"Meanwhile, let us go and howl!" suggested Fouché.
And they rushed into the Convention-room.
CHAPTER XIII
A BROKEN IDOL
Saint-Just is in the tribune. Collot d'Herbois occupies the presidential chair, Collot who, at two in the morning, suspecting Saint-Just's treachery, had openly charged him with it. War is in the air, and every member is at his post.
Fouché looks round for Robespierre as he crosses to his seat. There he is; in the semicircle before the bust of Brutus, at the foot of the tribune which he seems to guard like a vigilant sentinel.
"He is dressed as he was at the Fête of the Supreme Being," whispers Fouché ironically to his neighbour.

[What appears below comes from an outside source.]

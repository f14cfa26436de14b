//! Limits of files.

/// The most bytes of a saved grid: 512 MiB.
pub const MOST_SAVED: usize = 536_870_912;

Yes, the Incorruptible has on his sky-blue coat, white-silk embroidered waistcoat, and nankeen knee-breeches buttoned over white stockings, nor has he omitted the powder and the curls. What a strange figure, with his dapper daintiness, his old-fashioned attire, in that seething furnace of fifteen hundred people, actors and spectators, so closely packed, and, most of them with bared breasts, suffocating in the awful heat which oppresses them! The sans-culottes up in the gallery have even taken off their traditional red nightcaps, which they hang on the handles of their sword-sticks like bloodstained trophies.

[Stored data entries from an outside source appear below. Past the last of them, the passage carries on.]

//! Starts moved up, each over the rows that it may cross.
ghost use Rattle.std.specs.Prelude.{◌≡◌, ◌<◌, ◌^◌, ℕ, false, IfOk, OnOk, slice_get, unwrap_or};
ghost use Rattle.last_writes.specs.Last.{noted};
ghost use Rattle.comm_early.specs.Send.{sent_early};
ghost use Rattle.comm_early.specs.Written.{IsAt, IsFlushed, IsSentRow, IsStartSent};

use crate::sent::Sent;
use crate::stretch::Stretch;
use last_writes::flat_passes::number_of;
use last_writes::node_form::{Code, Instr, Tables};
use last_writes::plan_form::{goals_of, items_of};
use std::alloc::{AllocError, Global};

/// The plan in which the starts of each stretch, in their order, have moved up over the rows that
/// they may cross: none of these writes an array or a slot of their items, may trap or is a
/// collective, but for the finishes of other exchanges, where links hold another message. It takes
/// a time linear in the plan, its items, the members of its groups and the words of its
/// expressions.
pub fn send_early(alloc: Global, plan: Tables, links: Option<u32>) -> Result<Tables, AllocError>
    ensures { IfOk result (λ sent. sent ≡ sent_early links plan) }
{
    let count = number_of(plan.code.len())?;
    let goals = goals_of(alloc, &plan.code)?;
    let mut sent = Sent::new(alloc);
    let mut stretch = Stretch::new(alloc, links);
    for i in 0..u64::from(count) {
        put_at_goal(
            alloc,
            is_marked(&goals, i),
            &mut sent,
            &mut stretch,
            &plan.code,
            i,
        )?;
        let row = *plan.code.get(i).unwrap();
        add_row(alloc, &mut sent, &mut stretch, &plan, row, i)?;
    }
    sent.write_to(alloc, &plan.code, u64::from(count))?;
    let mut early = plan;
    early.code = sent.code;
    Ok(early)
}

fn is_marked(goals: &Vec<bool>, row: u64) -> bool
    ensures { result ≡ unwrap_or (slice_get goals.now.items row) false }
{
    goals.get(row as usize).copied().unwrap_or(false)
}

// In front of a goal all rows are written.
fn put_at_goal(
    alloc: Global,
    goal: bool,
    sent: &mut Sent,
    stretch: &mut Stretch,
    code: &Code,
    number: u64,
) -> Result<(), AllocError>
    ensures { OnOk result (IsAt goal code.now sent.old stretch.old number sent.new stretch.new) }
{
    if goal {
        return end_stretch(alloc, sent, stretch, code, number);
    }
    Ok(())
}

fn end_stretch(
    alloc: Global,
    sent: &mut Sent,
    stretch: &mut Stretch,
    code: &Code,
    number: u64,
) -> Result<(), AllocError>
    ensures { OnOk result (IsFlushed code.now sent.old stretch.old number sent.new stretch.new) }
{
    sent.write_to(alloc, code, number)?;
    stretch.forget(alloc);
    Ok(())
}

fn add_row(
    alloc: Global,
    sent: &mut Sent,
    stretch: &mut Stretch,
    plan: &Tables,
    row: Instr,
    number: u64,
) -> Result<(), AllocError>
    requires number { number < 2 ^ 32 }
    requires opened { stretch.old.load.opened < 2 ^ 32 }
    requires starts { stretch.old.load.starts < 2 ^ 32 }
    requires times { (exchange : ℕ) → noted stretch.old.load.times exchange < 2 ^ 32 }
    ensures { OnOk result
        (IsSentRow plan.now row sent.old stretch.old number sent.new stretch.new) }
{
    match row {
        Instr::Start { exchange } => add_start(alloc, sent, stretch, plan, exchange, number),
        Instr::Jump { .. } | Instr::Unless { .. } | Instr::Trap { .. } | Instr::End => {
            end_stretch(alloc, sent, stretch, &plan.code, number + 1)
        }
        other => stretch.note(plan, other, number + 1),
    }
}

// The start of an exchange stands behind the last row that it doesn't cross.
fn add_start(
    alloc: Global,
    sent: &mut Sent,
    stretch: &mut Stretch,
    plan: &Tables,
    exchange: u32,
    number: u64,
) -> Result<(), AllocError>
    requires number { number < 2 ^ 32 }
    requires opened { stretch.old.load.opened < 2 ^ 32 }
    requires starts { stretch.old.load.starts < 2 ^ 32 }
    requires times { (exchange : ℕ) → noted stretch.old.load.times exchange < 2 ^ 32 }
    ensures { OnOk result
        (IsStartSent plan.now exchange sent.old stretch.old number sent.new stretch.new) }
{
    let place = stretch.place_of(exchange, items_of(plan, exchange));
    sent.write_to(alloc, &plan.code, place)?;
    sent.code.push(alloc, Instr::Start { exchange })?;
    stretch.note(plan, Instr::Start { exchange }, number + 1)
}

It is as they expected. Since five the hall has been taken possession of by Robespierrists. All the worst scum of Paris has gathered there; all the bloodhounds of the Revolution, all the riff-raff who accompany the death-tumbrils to the scaffold to the song of the Carmagnole; fish-wives and rowdies, recruited and hired at twenty-four sous apiece to drown with their vociferations every hostile attempt made against the idol of the Commune.
This brutish mob, reeking of sausages, pressed meat, gingerbread and beer, eating and drinking, poison the atmosphere of the Hall.